[Collected data entries]
━━━━━━━━━━

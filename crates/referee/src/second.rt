use super::matrix::Matrix;
use super::opinion::{Cause, Letters, Opinion, Refusal};
use super::tables::{Tables, Use};
use records::{Line, RECORD_SIZE};
use stamps::{CardNo, TxNo};
use std::alloc::{AllocError, Global};
use std::collections::BTreeMap;

const LARGEST_FILE: usize = 65_536;

// Why no verdict is given: the file is refused, or there is no memory for the tables. `From` is by hand: the derived `#[from]` of an error type wants for each variant a text that nobody prints.
#[derive(Clone, Copy)]
enum Stop {
    Refused(Refusal),
    NoMemory(AllocError),
}

impl From<Refusal> for Stop {
    fn from(refusal: Refusal) -> Stop {
        Stop::Refused(refusal)
    }
}

impl From<AllocError> for Stop {
    fn from(error: AllocError) -> Stop {
        Stop::NoMemory(error)
    }
}

// What is to be said of a file, where the judge is lent this many marks.
pub fn second_judge(heap: Global, file: &[u8], marks: usize) -> Result<Opinion, AllocError> {
    match letters_of(heap, file, marks) {
        Ok(letters) => Ok(Opinion(Ok(letters))),
        Err(Stop::Refused(refusal)) => Ok(Opinion(Err(refusal))),
        Err(Stop::NoMemory(error)) => Err(error),
    }
}

fn letters_of(heap: Global, file: &[u8], marks: usize) -> Result<Letters, Stop> {
    test_size(file.len(), marks)?;
    let mut tables = Tables::new(heap);
    fill(&mut tables, file)?;
    if let Some(place) = tables.first_without_end() {
        return Err(Stop::Refused(Refusal {
            cause: Cause::NoEnd,
            place,
        }));
    }
    let depends = Dependence::of(heap, &tables)?;
    Ok(Letters {
        aca: tables.committed_reads,
        cons: depends.snapshots_are_consistent(),
        wcf: depends.no_writers_conflict(),
    })
}

// What is wrong with the number of a file's bytes, or with the number of marks for it.
fn test_size(bytes: usize, marks: usize) -> Result<(), Refusal> {
    let records = bytes / RECORD_SIZE;
    if bytes > LARGEST_FILE {
        Err(Refusal {
            cause: Cause::TooLong,
            place: LARGEST_FILE / RECORD_SIZE,
        })
    } else if bytes % RECORD_SIZE != 0 {
        Err(Refusal {
            cause: Cause::Cut,
            place: records,
        })
    } else if marks < records {
        Err(Refusal {
            cause: Cause::FewMarks,
            place: 0,
        })
    } else {
        Ok(())
    }
}

// Takes in record after record, up to the first that is bad or out of place.
fn fill(tables: &mut Tables, file: &[u8]) -> Result<(), Stop> {
    for (place, part) in file.chunks_exact(RECORD_SIZE).enumerate() {
        let line = Line::decode(part).map_err(|fault| Refusal {
            cause: Cause::from(fault),
            place,
        })?;
        if !tables.fits(&line) {
            return Err(Stop::Refused(Refusal {
                cause: Cause::OutOfPlace,
                place,
            }));
        }
        tables.take(place, &line)?;
    }
    Ok(())
}

// Who depends on whom: the transactions are numbered in rising order, and a matrix has a row and a column for each.
#[derive(Drop)]
struct Dependence<'a> {
    tables: &'a Tables,
    numbers: BTreeMap<TxNo, usize>,
    matrix: Matrix,
}

impl<'a> Dependence<'a> {
    fn of(heap: Global, tables: &'a Tables) -> Result<Dependence<'a>, AllocError> {
        let mut numbers = BTreeMap::new(heap);
        for (number, transaction) in tables.firsts.keys().enumerate() {
            numbers.insert(*transaction, number)?;
        }
        let matrix = Matrix::blank(heap, numbers.len())?;
        let mut dependence = Dependence {
            tables,
            numbers,
            matrix,
        };
        for (reader, writer) in tables.reads.iter() {
            dependence.step(reader.transaction, *writer);
        }
        dependence.matrix.close()?;
        Ok(dependence)
    }

    // Notes that one transaction reads from the other; a writer that is none of the file's leaves no note.
    fn step(&mut self, reader: TxNo, writer: TxNo) {
        if let (Some(row), Some(column)) = (self.number(reader), self.number(writer)) {
            self.matrix.set(row, column);
        }
    }

    fn number(&self, transaction: TxNo) -> Option<usize> {
        self.numbers.get(&transaction).copied()
    }

    // Whether one or more steps lead from the first transaction to the second.
    fn leads(&self, from: TxNo, to: TxNo) -> bool {
        match (self.number(from), self.number(to)) {
            (Some(row), Some(column)) => self.matrix.has(row, column),
            _ => false,
        }
    }

    // Where the WRIT of a version stands that this writer wrote; none for version 0.
    fn source(&self, writer: TxNo, card: CardNo) -> Option<usize> {
        self.tables
            .writs
            .get(&Use {
                transaction: writer,
                card,
            })
            .copied()
    }

    // No transaction depends on the writer of a newer version of a card than it read.
    fn snapshots_are_consistent(&self) -> bool {
        self.tables.reads.iter().all(|(read, writer)| {
            let version = self.source(*writer, read.card);
            self.tables.writs.iter().all(|(written, place)| {
                written.card != read.card
                    || version.is_some_and(|other| *place <= other)
                    || !self.leads(read.transaction, written.transaction)
            })
        })
    }

    // Of every two done writers of one card one depends on the other.
    fn no_writers_conflict(&self) -> bool {
        self.tables.writs.keys().all(|one| {
            self.tables.writs.keys().all(|other| {
                one.card != other.card
                    || one.transaction >= other.transaction
                    || !self.conflict(one.transaction, other.transaction)
            })
        })
    }

    // Both are done, and neither depends on the other.
    fn conflict(&self, one: TxNo, other: TxNo) -> bool {
        self.tables.is_done(one)
            && self.tables.is_done(other)
            && !self.leads(one, other)
            && !self.leads(other, one)
    }
}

━━━━━━━━━━

## WORK REQUIRED
A word-for-word copy of the lines above from the one with "fn letters_of(heap: Global, file: &[u8], marks: usize)" through the one with "fn of(heap: Global, tables: &'a", inclusive, is the only output wanted.

## WRITTEN RESPONSE
fn letters_of(heap: Global, file: &[u8], marks: usize) -> Result<Letters, Stop> {
    test_size(file.len(), marks)?;
    let mut tables = Tables::new(heap);
    fill(&mut tables, file)?;
    if let Some(place) = tables.first_without_end() {
        return Err(Stop::Refused(Refusal {
            cause: Cause::NoEnd,
            place,
        }));
    }
    let depends = Dependence::of(heap, &tables)?;
    Ok(Letters {
        aca: tables.committed_reads,
        cons: depends.snapshots_are_consistent(),
        wcf: depends.no_writers_conflict(),
    })
}

// What is wrong with the number of a file's bytes, or with the number of marks for it.
fn test_size(bytes: usize, marks: usize) -> Result<(), Refusal> {
    let records = bytes / RECORD_SIZE;
    if bytes > LARGEST_FILE {
        Err(Refusal {
            cause: Cause::TooLong,
            place: LARGEST_FILE / RECORD_SIZE,
        })
    } else if bytes % RECORD_SIZE != 0 {
        Err(Refusal {
            cause: Cause::Cut,
            place: records,
        })
    } else if marks < records {
        Err(Refusal {
            cause: Cause::FewMarks,
            place: 0,
        })
    } else {
        Ok(())
    }
}

// Takes in record after record, up to the first that is bad or out of place.
fn fill(tables: &mut Tables, file: &[u8]) -> Result<(), Stop> {
    for (place, part) in file.chunks_exact(RECORD_SIZE).enumerate() {
        let line = Line::decode(part).map_err(|fault| Refusal {
            cause: Cause::from(fault),
            place,
        })?;
        if !tables.fits(&line) {
            return Err(Stop::Refused(Refusal {
                cause: Cause::OutOfPlace,
                place,
            }));
        }
        tables.take(place, &line)?;
    }
    Ok(())
}

// Who depends on whom: the transactions are numbered in rising order, and a matrix has a row and a column for each.
#[derive(Drop)]
struct Dependence<'a> {
    tables: &'a Tables,
    numbers: BTreeMap<TxNo, usize>,
    matrix: Matrix,
}

impl<'a> Dependence<'a> {
    fn of(heap: Global, tables: &'a Tables) -> Result<Dependence<'a>, AllocError> {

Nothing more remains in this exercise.